• What you are asked to do: Scan the entries below. List each line with "BareGrant".

Stored data entries
§ §
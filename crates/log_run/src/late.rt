//! The first reading that is not timely.

ghost use Rattle.std.specs.Prelude.{◌≡◌, Some};
ghost use Rattle.log_run.specs.Late.{AreWatched};
ghost use Rattle.log_run.specs.internals.Watching.{greater, greatest_after, late_after};

use job_calls::Reading;
use log_line::LogEntry;

/// A reading of a task's clock that is not timely.
///
/// The greatest earlier reading of the table's clock is more than the skew ahead of it.
#[derive(Clone, Copy, Debug, PartialEq, Eq)]
pub struct Late {
    /// The index of the task's call, in the order of the tickets.
    pub index: usize,
    /// The task's reading, in ticks.
    pub at: u64,
    /// The index of the table's call, in the order of the tickets; `None` if it was before the first
    /// of the calls.
    pub table_index: Option<usize>,
    /// The table's reading, in ticks.
    pub table_at: u64,
}

/// The greatest reading of the table's clock so far, and the index of its call.
#[derive(Clone, Copy)]
pub struct Greatest {
    /// The reading, in ticks; 0 if there is none.
    pub at: u64,
    /// The index of the call; `None` if it was before the first of the calls.
    pub index: Option<usize>,
}

fn greater(greatest: Greatest, at: u64, index: usize) -> Greatest
    ensures { result ≡ greater greatest at index }
{
    if at <= greatest.at {
        greatest
    } else {
        Greatest {
            at,
            index: Some(index),
        }
    }
}

fn greatest_after(greatest: Greatest, reading: Reading, index: usize) -> Greatest
    ensures { result ≡ greatest_after greatest reading index }
{
    match reading {
        Reading::TableClock(at) => greater(greatest, at, index),
        Reading::TaskClock(_) | Reading::NoClock => greatest,
    }
}

fn late_after(skew: u64, greatest: Greatest, reading: Reading, index: usize) -> Option<Late>
    ensures { result ≡ late_after skew greatest reading index }
{
    let Reading::TaskClock(at) = reading else {
        return None;
    };
    if at < greatest.at.saturating_sub(skew) {
        Some(Late {
            index,
            at,
            table_index: greatest.index,
            table_at: greatest.at,
        })
    } else {
        None
    }
}

/// Returns the first reading of a task's clock that is not timely, if there is one.
///
/// It comes with the greatest reading of the table's clock before it. `earlier` is the greatest one
/// before the first of the calls, 0 if there is none. Readings and `skew` are in ticks.
pub fn late_reading(skew: u64, earlier: u64, entries: &[LogEntry]) -> Option<Late>
    ensures { AreWatched skew earlier entries.now result }
{
    let mut greatest = Greatest {
        at: earlier,
        index: None,
    };
    for index in 0..entries.len() {
        let reading = entries[index].line.call.reading();
        let late = late_after(skew, greatest, reading, index);
        if late.is_some() {
            return late;
        }
        greatest = greatest_after(greatest, reading, index);
    }
    None
}
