//! Whether a table is restored from the values that a line tells.

ghost use Rattle.std.specs.Prelude.{◌≡◌};
ghost use Rattle.log_run.specs.Restores.{IsChecked, is_less, is_same};

use grants::Kept;
use log_line::{KeptNumbers, MOST_AHEAD, RestoreFault, numbers_of};

// Whether a value is below that of a table.
fn is_less(numbers: KeptNumbers, table: KeptNumbers) -> bool
    ensures { result ≡ is_less numbers table }
{
    numbers.granted < table.granted
        || numbers.last < table.last
        || numbers.deadline < table.deadline
}

fn is_same(numbers: KeptNumbers, other: KeptNumbers) -> bool
    ensures { result ≡ is_same numbers other }
{
    numbers.granted == other.granted
        && numbers.last == other.last
        && numbers.deadline == other.deadline
}

/// Returns why a table that keeps `kept` is not restored from these values, if it is not.
pub fn restore_fault(mut kept: Kept, numbers: KeptNumbers) -> Option<RestoreFault>
    ensures { IsChecked kept numbers result }
{
    let table = numbers_of(&kept);
    if is_less(numbers, table) {
        return Some(RestoreFault::LessThanLog);
    }
    let more = numbers.granted - table.granted;
    if more > MOST_AHEAD {
        return Some(RestoreFault::FarAhead);
    }
    kept.save_ahead(more, numbers.last - table.last);
    if is_same(numbers_of(&kept), numbers) {
        None
    } else {
        Some(RestoreFault::NotAhead)
    }
}
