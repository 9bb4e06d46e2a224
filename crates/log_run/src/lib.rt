//! Whether the calls of a log are one run of a job's machines.
#![tactic(auto)]

mod drift;
mod held;
mod judging;
mod late;
mod laws;
mod log_machines;
mod outcome;
mod playing;
mod restoring;
mod start;

pub use drift::{ClockFault, DriftFault, drift_fault};
pub use held::HeldLeases;
pub use judging::{Judged, judge_calls};
pub use late::Late;
pub use laws::{days_law, drift_law};
pub use log_machines::LogMachines;
pub use outcome::Outcome;
pub use playing::{answer, held_by_asked, play, tell};
pub use restoring::restore_fault;
pub use start::Start;
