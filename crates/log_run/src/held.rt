//! Leases that tasks hold.

use slicelet::HeldLease;

/// The leases that a task holds, each of which may have ended.
#[derive(Clone, Copy, Debug, PartialEq, Eq)]
pub struct HeldLeases {
    /// The guard lease.
    pub guard: Option<HeldLease>,
    /// The bridge lease.
    pub bridge: Option<HeldLease>,
}
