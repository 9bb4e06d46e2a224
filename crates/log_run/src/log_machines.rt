//! The machines of a job that play a log.

ghost use Rattle.std.specs.Prelude.{◌≡◌, ◌∷◌, ℕ, None, true, false, IfOk, OnOk};
ghost use Rattle.grants.specs.declared.slicelet_call.SliceletCall.{SliceletCall};
ghost use Rattle.clerk.specs.declared.call.ClerkCall.{ClerkCall};
ghost use Rattle.job_calls.specs.declared.call.ClusterCall.TheVariants as asked;
ghost use Rattle.job_calls.specs.declared.error.ClusterError.{ClusterError as Why};
ghost use Rattle.job_calls.specs.declared.error.ClusterError.TheVariants as error;
ghost use Rattle.job_calls.specs.declared.reply.ClusterReply.TheVariants as told;
ghost use Rattle.cluster.specs.continued.Jobs.{Continued};
ghost use Rattle.cluster.specs.continued.Clusters.{LeadsTo};
ghost use Rattle.cluster.specs.continued.Deliveries.{known_grant, known_slicing};
ghost use Rattle.cluster.specs.continued.Runs.{IsReply, IsRun};
ghost use Rattle.cluster.specs.Pasts.{Past, event};
ghost use Rattle.log_line.specs.declared.line.LoggedCall.TheVariants.{HearBare, LearnBare};
ghost use Rattle.log_run.specs.Calls.{call_after};
ghost use Rattle.log_run.specs.Starts.{Begins};
ghost use Rattle.log_run.specs.States.{IsSnapshotIfRun};
ghost use Rattle.log_run.specs.internals.Machines.{HavePlayed, IsRecorded};

use crate::start::Start;
use cluster::Cluster;
use job_calls::{ClusterCall, ClusterError, ClusterReply, ClusterSnapshot};
use log_line::BareGrant;
use run_record::RunRecord;
use std::alloc::{AllocError, Global};

/// The machines of a job that play a log, and a record of their run if a snapshot of them is
/// wanted.
#[derive(Drop)]
pub struct LogMachines {
    cluster: Cluster,
    run: Option<RunRecord>,
    // Whether no reply was that something was not sent.
    all_sent: bool,
}

// Builds the machines at a start.
fn cluster_at(alloc: Global, start: &Start) -> Result<Cluster, AllocError>
    ensures { (job : Continued) → Begins job start.now → IfOk result (LeadsTo job job.earlier) }
{
    let Some(snapshot) = &start.earlier else {
        return Cluster::new(alloc, start.job);
    };
    match Cluster::resume(alloc, start.job, snapshot) {
        Ok(cluster) => Ok(cluster),
        // The snapshot is one that is taken, so only memory can lack.
        Err(_) => Err(AllocError),
    }
}

// Creates the record of the run that led to a start, if it is wanted.
fn record_at(alloc: Global, start: &Start, is_wanted: bool) -> Result<Option<RunRecord>, AllocError>
    ensures { (job : Continued) → Begins job start.now → IfOk result (IsRecorded job job.earlier) }
{
    if !is_wanted {
        return Ok(None);
    }
    match &start.earlier {
        Some(snapshot) => Ok(Some(RunRecord::of(alloc, snapshot)?)),
        None => Ok(Some(RunRecord::new(alloc, start.job)?)),
    }
}

// Whether no reply was that something was not sent, after one more reply.
fn stays_sent(all_sent: bool, reply: &ClusterReply) -> bool
    ensures sent { result ≡ true → (all_sent ≡ true) × (reply.now ≡ told.Refused error.NotSent → ⊥) }
    ensures unsent { result ≡ false → all_sent ≡ true → reply.now ≡ told.Refused error.NotSent }
{
    all_sent && !matches!(reply, ClusterReply::Refused(ClusterError::NotSent))
}

impl LogMachines {
    /// Builds the machines at a start. `keeps_run` is whether a snapshot will be wanted.
    ///
    /// Fails if memory runs out, or if no machines stand at the snapshot of the start.
    pub fn new(alloc: Global, start: &Start, keeps_run: bool) -> Result<Self, AllocError>
        ensures { (job : Continued) → Begins job start.now → IfOk result (HavePlayed job job.earlier) }
    {
        let cluster = cluster_at(alloc, start)?;
        let run = record_at(alloc, start, keeps_run)?;
        Ok(LogMachines {
            cluster,
            run,
            all_sent: true,
        })
    }

    /// Whether no reply since the start was that something was not sent.
    pub fn all_sent(&self) -> bool
        ensures { result ≡ self.now.all_sent }
    {
        self.all_sent
    }

    /// Returns the machines.
    pub fn cluster(&self) -> &Cluster
        ensures { (job : Continued) (past : Past) → HavePlayed job past self.now → LeadsTo job past result.now }
    {
        &self.cluster
    }

    /// States that what the machines have played is a run.
    pub fn run_law(&self)
        ensures { (job : Continued) (past : Past) → HavePlayed job past self.now → IsRun job past }
    {
        self.cluster.run_law();
    }

    // Records a call and its reply, if the run is recorded.
    fn record(&mut self, call: &ClusterCall, reply: &ClusterReply) -> Result<(), AllocError>
        ensures same { (self.new.cluster ≡ self.old.cluster) × (self.new.all_sent ≡ self.old.all_sent) }
        ensures recorded { (job : Continued) (past : Past) → IsRecorded job past self.old.run → IsReply job past (event call.now reply.now)
            → OnOk result (IsRecorded job (event call.now reply.now ∷ past) self.new.run) }
    {
        let Some(run) = self.run.take() else {
            return Ok(());
        };
        self.run = Some(run.record(call, reply)?);
        Ok(())
    }

    /// Plays a call, and returns the machines' reply.
    ///
    /// If memory runs out, the run is recorded no longer.
    pub fn play(&mut self, call: &ClusterCall) -> Result<ClusterReply, AllocError>
        ensures { (job : Continued) (past : Past) → HavePlayed job past self.old
            → IfOk result (λ reply. HavePlayed job (event call.now reply ∷ past) self.new) }
    {
        let reply = self.cluster.play(call)?;
        self.cluster.run_law();
        self.record(call, &reply)?;
        self.all_sent = stays_sent(self.all_sent, &reply);
        Ok(reply)
    }

    /// Plays the hearing of a grant whose number the machines know no grant of.
    ///
    /// The reply is `NoActor` or else `NotSent`, also if the machines know the grant.
    pub fn hear_unsent(
        &mut self,
        task: u64,
        grant: BareGrant,
        at: u64,
    ) -> Result<ClusterReply, AllocError>
        ensures { (job : Continued) (past : Past) → HavePlayed job past self.old → known_grant job.forgotten past grant.number ≡ None
            → IfOk result (λ reply. HavePlayed job (event (call_after past (HearBare task grant at)) reply ∷ past) self.new) }
    {
        lease_table::numbers_law();
        let reply = self.cluster.hear_numbered(task, grant.number, at)?;
        self.cluster.run_law();
        self.cluster.refusal_law();
        self.refused_law();
        self.all_sent = stays_sent(self.all_sent, &reply);
        Ok(reply)
    }

    /// Plays the learning of an assignment of which the machines know none of its generation.
    pub fn learn_unpublished(
        &mut self,
        clerk: u64,
        generation: u64,
    ) -> Result<ClusterReply, AllocError>
        ensures { (job : Continued) (past : Past) → HavePlayed job past self.old → known_slicing job.forgotten past generation ≡ None
            → IfOk result (λ reply. HavePlayed job (event (call_after past (LearnBare clerk generation)) reply ∷ past) self.new) }
    {
        lease_table::generations_law();
        lease_table::assignments_law();
        let reply = self.cluster.learn_published(clerk, generation)?;
        self.cluster.run_law();
        self.cluster.refusal_law();
        self.refused_law();
        self.all_sent = stays_sent(self.all_sent, &reply);
        Ok(reply)
    }

    // States that a refused call of a task or of a clerk changes nothing that is recorded.
    fn refused_law(&self)
        ensures task { (job : Continued) (past : Past) (task : ℕ) (call : SliceletCall) (why : Why) → IsRecorded job past self.now.run
            → IsRecorded job (event (asked.Task task call) (told.Refused why) ∷ past) self.now.run }
        ensures clerk { (job : Continued) (past : Past) (clerk : ℕ) (call : ClerkCall) (why : Why) → IsRecorded job past self.now.run
            → IsRecorded job (event (asked.Clerk clerk call) (told.Refused why) ∷ past) self.now.run }
    {
        if let Some(run) = &self.run {
            run.refused_law();
        }
    }

    /// Returns a snapshot of the machines, if the run was recorded.
    pub fn finish(self) -> Result<Option<ClusterSnapshot>, AllocError>
        ensures { (job : Continued) (past : Past) → HavePlayed job past self → IfOk result (IsSnapshotIfRun job past) }
    {
        let LogMachines { cluster, run, .. } = self;
        let Some(run) = run else {
            return Ok(None);
        };
        Ok(Some(run.finish(&cluster)?))
    }
}
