//! Namespaces, languages, texts and periods while memory runs out.

use crate::scarcity::CallOutcome;
use oim_names::{NameFault, Namespaces, Text, language};
use oim_period::read;
use std::alloc::Global;

/// Prefixes and their names, out of order.
const BOUND: &[(&str, &str)] = &[
    ("xbrli", "http://www.xbrl.org/2003/instance"),
    ("eg", "http://example.com/eg"),
    ("iso4217", "http://www.xbrl.org/2003/iso4217"),
];

/// Binds them.
pub(crate) fn binds(alloc: Global) -> CallOutcome {
    let mut names = Namespaces::new(alloc);
    for (prefix, name) in BOUND {
        match names.add(prefix, name) {
            Ok(()) => {}
            Err(NameFault::Memory) => return CallOutcome::Refused,
            Err(_) => return CallOutcome::Wrong,
        }
    }
    CallOutcome::same(names.len() == 3 && names.uri("eg").is_some())
}

/// Writes a language in lower case.
pub(crate) fn lowers(alloc: Global) -> CallOutcome {
    match language(alloc, "en-GB") {
        Ok(Some(text)) => CallOutcome::same(text.as_str() == "en-gb"),
        Ok(None) => CallOutcome::Wrong,
        Err(_) => CallOutcome::Refused,
    }
}

/// Copies a text.
pub(crate) fn copies(text: &Text) -> CallOutcome {
    match text.clone() {
        Ok(copy) => CallOutcome::same(copy.as_str() == text.as_str()),
        Err(_) => CallOutcome::Refused,
    }
}

/// Writes the last quarter of a year.
pub(crate) fn writes_a_quarter(alloc: Global) -> CallOutcome {
    let Some(quarter) = read("2021Q4") else {
        return CallOutcome::Wrong;
    };
    match quarter.text(alloc) {
        Ok(text) => CallOutcome::same(text.as_str() == "2021-10-01T00:00:00/2022-01-01T00:00:00"),
        Err(_) => CallOutcome::Refused,
    }
}
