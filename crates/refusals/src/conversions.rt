//! Conversions while memory runs out, and a writer that takes no memory.

use crate::report::{DOCUMENT, FIRST, HEAD, SECOND, TAIL};
use crate::scarcity::CallOutcome;
use oim_convert::{ConvertFault, Layout, convert_serial};
use oim_json::Marked;
use oim_meta::{Limits, Report};
use oim_rows::{TableFault, TableKind};
use std::alloc::Global;
use std::io;
use std::io::Write;

/// A writer that compares what it takes with a document.
#[derive(Clone, Copy)]
struct Compared<'a> {
    document: &'a [u8],
    left: &'a [u8],
    is_same: bool,
}

/// Returns a writer for a document that took nothing yet.
fn comparing(document: &[u8]) -> Compared<'_> {
    Compared {
        document,
        left: document,
        is_same: true,
    }
}

impl Write for Compared<'_> {
    fn write(&mut self, bytes: &[u8]) -> io::Result<usize> {
        match self.left.strip_prefix(bytes) {
            Some(left) => self.left = left,
            None => self.is_same = false,
        }
        Ok(bytes.len())
    }

    fn flush(&mut self) -> io::Result<()> {
        Ok(())
    }
}

impl Compared<'_> {
    /// Returns whether it took nothing.
    fn is_untouched(&self) -> bool {
        self.is_same && self.left.len() == self.document.len()
    }

    /// Returns whether it took the whole document.
    fn is_whole(&self) -> bool {
        self.is_same && self.left.is_empty()
    }

    /// Returns whether it took only the head.
    fn is_head(&self) -> bool {
        self.is_same && self.left.len().saturating_add(HEAD.len()) == self.document.len()
    }

    /// Returns whether it took the document up to a place where a fact of this table, of the two,
    /// begins or ends.
    fn is_cut_at(&self, table: usize) -> bool {
        let left = self.left;
        let is_before_second = left.starts_with(b",\"t2.");
        let is_place = match table {
            0 => self.is_head() || left.starts_with(b",\"t1.") || is_before_second,
            1 => is_before_second || left == TAIL,
            _ => false,
        };
        self.is_same && is_place
    }
}

/// Returns the number after that of a fault's table, if memory refused the table as a whole, and
/// the number is not below `least`.
fn after(fault: &TableFault, least: usize) -> Option<usize> {
    let is_whole = fault.row == 0 && fault.column == 0;
    if is_whole && fault.kind == TableKind::Memory && fault.table >= least {
        Some(fault.table.saturating_add(1))
    } else {
        None
    }
}

/// Returns the first of these tables, if only memory refused them, in table order.
fn first_of(faults: &[TableFault]) -> Option<usize> {
    let mut least = 0usize;
    for fault in faults {
        least = after(fault, least)?;
    }
    Some(faults.first()?.table)
}

/// Returns what a conversion did whose refused tables were refused only for memory, of which
/// `table` is the first.
fn of_first(table: Option<usize>, writer: &Compared<'_>) -> CallOutcome {
    match table {
        Some(table) if writer.is_cut_at(table) => CallOutcome::Refused,
        _ => CallOutcome::Wrong,
    }
}

/// Returns what a conversion did that was refused memory before it began.
fn of_nothing(writer: &Compared<'_>) -> CallOutcome {
    CallOutcome::refused(writer.is_untouched())
}

/// Returns what a conversion on one thread did.
fn of_serial(answer: &Result<(), ConvertFault>, writer: &Compared<'_>) -> CallOutcome {
    match answer {
        Ok(()) => CallOutcome::same(writer.is_whole()),
        Err(ConvertFault::Memory) => of_nothing(writer),
        Err(ConvertFault::Tables(faults)) => of_first(first_of(faults.as_slice()), writer),
        Err(_) => CallOutcome::Wrong,
    }
}

/// Converts a report on one thread.
pub(crate) fn converts(alloc: Global, report: &Report) -> CallOutcome {
    let Ok(readers) = vec![in alloc; Some(FIRST), Some(SECOND)] else {
        return CallOutcome::Refused;
    };
    let mut writer = comparing(DOCUMENT);
    let limits = Limits::profile();
    let sink = &mut Marked::new(&mut writer);
    let answer = convert_serial(alloc, report, readers, limits, Layout::Compact, sink);
    of_serial(&answer, &writer)
}
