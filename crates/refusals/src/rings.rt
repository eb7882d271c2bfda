//! Rings and claims while memory runs out.

use crate::scarcity::CallOutcome;
use oim_convert::Claims;
use oim_ring::{Drain, Feed, Lanes, lane};
use std::alloc::{AllocError, Global};

/// Returns what opening a ring did.
fn of_ring(made: Result<(Feed, Drain), AllocError>) -> CallOutcome {
    match made {
        Ok(_) => CallOutcome::Enough,
        Err(_) => CallOutcome::Refused,
    }
}

/// Opens a single ring, or the first ring of a report.
pub(crate) fn opens(alloc: Global, is_alone: bool) -> CallOutcome {
    if is_alone {
        return of_ring(lane(alloc, 8));
    }
    match Lanes::new(alloc, 4) {
        Ok(mut lanes) => of_ring(lanes.open(alloc, 8)),
        Err(_) => CallOutcome::Refused,
    }
}

/// Returns what making such claims did.
fn claim(alloc: Global, items: Vec<char>) -> CallOutcome {
    let Ok((claims, mut seats)) = Claims::new(alloc, items, 3) else {
        return CallOutcome::Refused;
    };
    let Some(mut seat) = seats.pop() else {
        return CallOutcome::Wrong;
    };
    let (first, second, last) = (
        claims.draw(&mut seat),
        claims.draw(&mut seat),
        claims.draw(&mut seat),
    );
    let are_drawn = first == Some((0, 'a')) && second == Some((1, 'b')) && last.is_none();
    CallOutcome::same(are_drawn && seats.len() == 2)
}

/// Opens claims of two items for three workers, and draws them by the last worker's seat.
pub(crate) fn claims(alloc: Global) -> CallOutcome {
    match vec![in alloc; 'a', 'b'] {
        Ok(items) => claim(alloc, items),
        Err(_) => CallOutcome::Refused,
    }
}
§ §
• Final answer:
use log_line::BareGrant;
        grant: BareGrant,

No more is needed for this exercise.